Análisis de PDE y afinidad de CaM en lentejas. Los análisis de PDE siguientes crearon los procedimientos (Sonnenburg et al., Methods 1998, 14:3-19). Todos los análisis se realizaron a 30ºC utilizando AMPc 1 \muM o GMPc entre 0,2 y 1 \muM en presencia de EGTA 1 mM (basal), CaCl_{2} 1 mM más 4 \mug/ml de CaM (Ca^{2+}/CaM) o péptido de activación del efector 100 \muM péptido (G\alpha_{t-rod}).
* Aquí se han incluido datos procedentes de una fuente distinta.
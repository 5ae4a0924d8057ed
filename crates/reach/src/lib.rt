// What a path reaches: how low its points lie, and how high. A stroke lies between these heights,
// with half the pen's height to each.
#![tactic(auto)]

ghost use Rattle.std.specs.Prelude.{◌≡◌};
ghost use Rattle.reach.specs.Reach.{least_y, greatest_y};

// Where the first y of a path stands: its entries are x, y, x, y, ..
const FIRST_Y: usize = 1;

// The least y of a path, and the greatest one. Of a path without points they are past all others.
pub fn least_y(path: &[i32]) -> i64
    ensures { result ≡ least_y path.now }
{
    let mut least = i64::from(limits::COORDINATE_MAX);
    for k in 0..path.len() / 2 {
        least = least.min(i64::from(path[2 * k + FIRST_Y]));
    }
    least
}

pub fn greatest_y(path: &[i32]) -> i64
    ensures { result ≡ greatest_y path.now }
{
    let mut greatest = i64::from(limits::COORDINATE_MIN);
    for k in 0..path.len() / 2 {
        greatest = greatest.max(i64::from(path[2 * k + FIRST_Y]));
    }
    greatest
}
Las fracciones que contienen actividad estimulable por Ca^{2+}/CaM se purificaron más por afinidad utilizando lentejas de calmodulina-sepharose 4B en un tampón que contiene Tris-HCl 40 mM pH 7,5, CaCl_{2} 0,1 mM, acetato de Mg 3 mM, NaCl 100 mM y \beta-mercaptoetanol 10 mM en presencia de 10 \mug/ml de leupeptina y de 10 \mug/ml de inhibidor de tripsina de soja (SBTI). La especificidad de las lentejas con afinidad a calmodulina se comprobó realizando una purificación por cromatografía de afinidad en presencia de EGTA 2 mM en lugar de CaCl_{2}. Se incubaron las lentejas con las fracciones apropiadas a 4ºC durante 1 hora, a continuación se centrifugó durante 2 minutos y se mantuvieron por separado el sobrenadante y el sedimento. Las lentejas se lavaron a continuación en el mismo tampón y se volvieron a poner en suspensión en presencia de inhibidores de proteasa. Se comprobó la actividad de PDE en las lentejas y en el sobrenadante. CaCl_{2} se compensó en los análisis de PDE cuando se realizó la afinidad a CaM en presencia de EGTA en exceso.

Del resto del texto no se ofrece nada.